[Supplied records]
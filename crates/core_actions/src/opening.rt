//! Names that are opened: New, and Look at a name (acme(1)).

ghost use Rattle.std.specs.Prelude.{◌≡◌, ◌∷◌, [], List, Option, false, IsSome, IfSome, IfOk, OnOk, option_copied};
ghost use Rattle.acme_cmd.specs.Names.{whole_name};
ghost use Rattle.acme_tree.specs.Trees.{world_is_full};
ghost use Rattle.am_text.specs.Utf8.{utf8};
ghost use Rattle.name_tree.specs.Listing.{found_at};
ghost use Rattle.core_windows.specs.Windows.{Window, window_at, world_of};
ghost use Rattle.core_scene.specs.Scenes.{scene_of, kept_of, Did};
ghost use Rattle.core_actions.specs.Addressed.{name_part, address_part};
ghost use Rattle.core_actions.specs.Made.{next_window};
ghost use Rattle.core_actions.specs.Seen.{dir_of};
ghost use Rattle.core_actions.specs.Opening.{dir_name, shown_if_fits, shown_as, file_target, target_of, IsThere};
ghost use Rattle.core_actions.specs.Opening.{show_deeds, show_at, open_deeds, empty_deeds, open_or_make, named_deeds};
ghost use Rattle.core_actions.specs.Opening.{new_deeds};

use crate::addressed::{address_part, name_part, set_dot};
use crate::deeds::{make_with, set_in_window};
use crate::paths::{is_place, is_root, without_slash};
use crate::seen::{dir_at, fits};
use acme_cmd::whole;
use acme_tree::world_is_full;
use am_text::{NoMemory, Rune, Runes, SLASH, decode_whole, encode};
use core_scene::{Change, Deed, Entry, Found, Scene, Setting, Tree, Windows};
use std::alloc::Global;

/// What a name opens.
#[derive(Drop)]
pub enum Target {
    /// The live window of this number.
    Live(u32),
    /// A new window of this name that shows the text of a file or a directory.
    New { name: Runes, text: Runes },
}

// The name of the window of a directory's path.
fn dir_name(alloc: Global, path: &[Rune]) -> Result<Runes, NoMemory>
    ensures { IfOk result (λ name. name ≡ dir_name path.now) }
{
    let mut name = Runes::copied(alloc, path)?;
    if !is_root(path) {
        name.push(SLASH)?;
    }
    Ok(name)
}

fn shown_if_fits(name: Runes, text: Runes) -> Option<Target>
    ensures exact { result ≡ shown_if_fits name text }
    ensures there { (windows : List (Option Window)) → IfSome result (IsThere windows) }
{
    if fits(0, text.len()) {
        Some(Target::New { name, text })
    } else {
        None
    }
}

// What is found at a path, where a body has room for its text.
fn shown_as(alloc: Global, path: &[Rune], found: Found) -> Result<Option<Target>, NoMemory>
    ensures exact { IfOk result (λ target. target ≡ shown_as path.now found) }
    ensures there { IfOk result (λ target. (windows : List (Option Window)) → IfSome target (IsThere windows)) }
{
    match found {
        Found::None => Ok(None),
        Found::File(bytes) => {
            let text = decode_whole(alloc, bytes.as_slice())?;
            Ok(shown_if_fits(Runes::copied(alloc, path)?, text))
        }
        Found::Dir(bytes) => {
            let text = decode_whole(alloc, bytes.as_slice())?;
            Ok(shown_if_fits(dir_name(alloc, path)?, text))
        }
    }
}

// The file or directory of a path.
fn file_target(alloc: Global, files: &Tree, path: &[Rune]) -> Result<Option<Target>, NoMemory>
    ensures exact { IfOk result (λ target. target ≡ file_target path.now files.now.present) }
    ensures there { IfOk result (λ target. (windows : List (Option Window)) → IfSome target (IsThere windows)) }
{
    if !is_place(path) {
        return Ok(None);
    }
    let bytes = encode(alloc, &Runes::copied(alloc, path)?)?;
    let found = files.get(bytes.as_slice())?;
    shown_as(alloc, path, found)
}

/// What a whole name opens: the live window of least number that has it, or else a new window of the file
/// or directory of that name without a last `/`, where a body has room for its text. A directory's window
/// has a name that ends in `/`.
pub fn target_of(alloc: Global, scene: &Scene, name: &[Rune]) -> Result<Option<Target>, NoMemory>
    ensures exact { IfOk result (λ target. target ≡ target_of name.now (scene_of scene.now)) }
    ensures there { IfOk result (λ target. IfSome target (IsThere scene.now.windows.present)) }
{
    match scene.windows.named(name) {
        Some(window) => Ok(Some(Target::Live(window))),
        None => file_target(alloc, &scene.files, without_slash(name)),
    }
}

// Makes a window that has this text and counts as unmodified. It lives.
#[tactic(auto, using(crate::proofs::Windows::made))]
fn show(
    alloc: Global,
    scene: &mut Scene,
    entry: Entry,
    name: Runes,
    text: Runes,
) -> Result<u32, NoMemory>
    requires { world_is_full (world_of scene.old.windows.present) ≡ false }
    ensures ok { OnOk result (Did entry (scene_of scene.old) (scene_of scene.new)
        (show_deeds name text (scene_of scene.old))) }
    ensures number { IfOk result (λ w. w ≡ next_window (scene_of scene.old)) }
    ensures lives { IfOk result (λ w. IsSome (window_at scene.new.windows.present w)) }
    ensures kept { kept_of scene.new ≡ kept_of scene.old }
{
    let window = make_with(alloc, scene, entry, name, text)?;
    set_in_window(alloc, scene, entry, window, Setting::Clean)?;
    Ok(window)
}

/// Opens what a name opens, and an address sets its dot, if there is one and it has a value there. Where the window is
/// to be made and no more can be, nothing is done.
#[tactic(auto, using(crate::proofs::Windows::joins))]
pub fn open(
    alloc: Global,
    scene: &mut Scene,
    entry: Entry,
    target: Target,
    address: Option<&[Rune]>,
) -> Result<(), NoMemory>
    requires { IsThere scene.old.windows.present target }
    ensures ok { OnOk result (Did entry (scene_of scene.old) (scene_of scene.new)
        (open_deeds entry target (option_copied address.entry) (scene_of scene.old))) }
    ensures kept { kept_of scene.new ≡ kept_of scene.old }
{
    match target {
        Target::Live(window) => set_dot(alloc, scene, entry, window, address),
        Target::New { name, text } => {
            if world_is_full(scene.windows.world()) {
                return Ok(());
            }
            let window = show(alloc, scene, entry, name, text)?;
            set_dot(alloc, scene, entry, window, address)
        }
    }
}

// Makes a window of this name, without a text, where one more can be made.
#[tactic(auto, using(crate::proofs::Windows::joins))]
fn make_empty(alloc: Global, scene: &mut Scene, entry: Entry, name: Runes) -> Result<(), NoMemory>
    ensures ok { OnOk result (Did entry (scene_of scene.old) (scene_of scene.new)
        (empty_deeds name (scene_of scene.old))) }
    ensures kept { kept_of scene.new ≡ kept_of scene.old }
{
    if world_is_full(scene.windows.world()) {
        return Ok(());
    }
    scene.act(alloc, entry, Deed::Windows(Change::Makes { name }))
}

// What a whole name opens.
fn opened_by(alloc: Global, scene: &Scene, name: &Runes) -> Result<Option<Target>, NoMemory>
    ensures exact { IfOk result (λ target. target ≡ target_of name.now (scene_of scene.now)) }
    ensures there { IfOk result (λ target. IfSome target (IsThere scene.now.windows.present)) }
{
    target_of(alloc, scene, name.as_slice())
}

/// Opens what a whole name opens, or else makes an empty window of that name.
#[tactic(auto, using(crate::proofs::Windows::joins))]
pub fn open_or_make(
    alloc: Global,
    scene: &mut Scene,
    entry: Entry,
    name: Runes,
    address: Option<&[Rune]>,
) -> Result<(), NoMemory>
    ensures ok { OnOk result (Did entry (scene_of scene.old) (scene_of scene.new)
        (named_deeds entry name (option_copied address.entry) (scene_of scene.old))) }
    ensures kept { kept_of scene.new ≡ kept_of scene.old }
{
    match opened_by(alloc, scene, &name)? {
        Some(target) => open(alloc, scene, entry, target, address),
        None => make_empty(alloc, scene, entry, name),
    }
}

/// The name in a text, up to a colon, made whole with a window's directory.
pub(crate) fn name_in(
    alloc: Global,
    windows: &Windows,
    window: u32,
    text: &[Rune],
) -> Result<Runes, NoMemory>
    ensures { IfOk result (λ name. name ≡ whole_name (dir_of (window_at windows.now.present window))
        (name_part text.now)) }
{
    let dir = dir_at(alloc, windows, window)?;
    whole(alloc, dir.as_slice(), name_part(text))
}

// What an argument opens in a window's directory, or an empty window of its name.
fn new_named(
    alloc: Global,
    scene: &mut Scene,
    entry: Entry,
    window: u32,
    argument: &[Rune],
) -> Result<(), NoMemory>
    ensures ok { OnOk result (Did entry (scene_of scene.old) (scene_of scene.new)
        (named_deeds entry (whole_name (dir_of (window_at scene.old.windows.present window)) (name_part argument.now))
        (address_part argument.now) (scene_of scene.old))) }
    ensures kept { kept_of scene.new ≡ kept_of scene.old }
{
    let name = name_in(alloc, &scene.windows, window, argument)?;
    open_or_make(alloc, scene, entry, name, address_part(argument))
}

/// New: an empty window; with an argument what its name opens in the window's directory, with the address behind its
/// colon, or else an empty window of that name.
#[tactic(auto, using(crate::proofs::Windows::joins))]
pub fn new_window(
    alloc: Global,
    scene: &mut Scene,
    entry: Entry,
    window: u32,
    argument: &[Rune],
) -> Result<(), NoMemory>
    ensures ok { OnOk result (Did entry (scene_of scene.old) (scene_of scene.new)
        (new_deeds entry window argument.now (scene_of scene.old))) }
    ensures kept { kept_of scene.new ≡ kept_of scene.old }
{
    if argument.is_empty() {
        return make_empty(alloc, scene, entry, Runes::new(alloc));
    }
    new_named(alloc, scene, entry, window, argument)
}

[Problem to solve]
Search the data for "IsThere". Copy every line that has it.

[Response to the task]
ghost use Rattle.core_actions.specs.Opening.{dir_name, shown_if_fits, shown_as, file_target, target_of, IsThere};
    ensures there { (windows : List (Option Window)) → IfSome result (IsThere windows) }
    ensures there { IfOk result (λ target. (windows : List (Option Window)) → IfSome target (IsThere windows)) }
    ensures there { IfOk result (λ target. (windows : List (Option Window)) → IfSome target (IsThere windows)) }
    ensures there { IfOk result (λ target. IfSome target (IsThere scene.now.windows.present)) }
    requires { IsThere scene.old.windows.present target }
    ensures there { IfOk result (λ target. IfSome target (IsThere scene.now.windows.present)) }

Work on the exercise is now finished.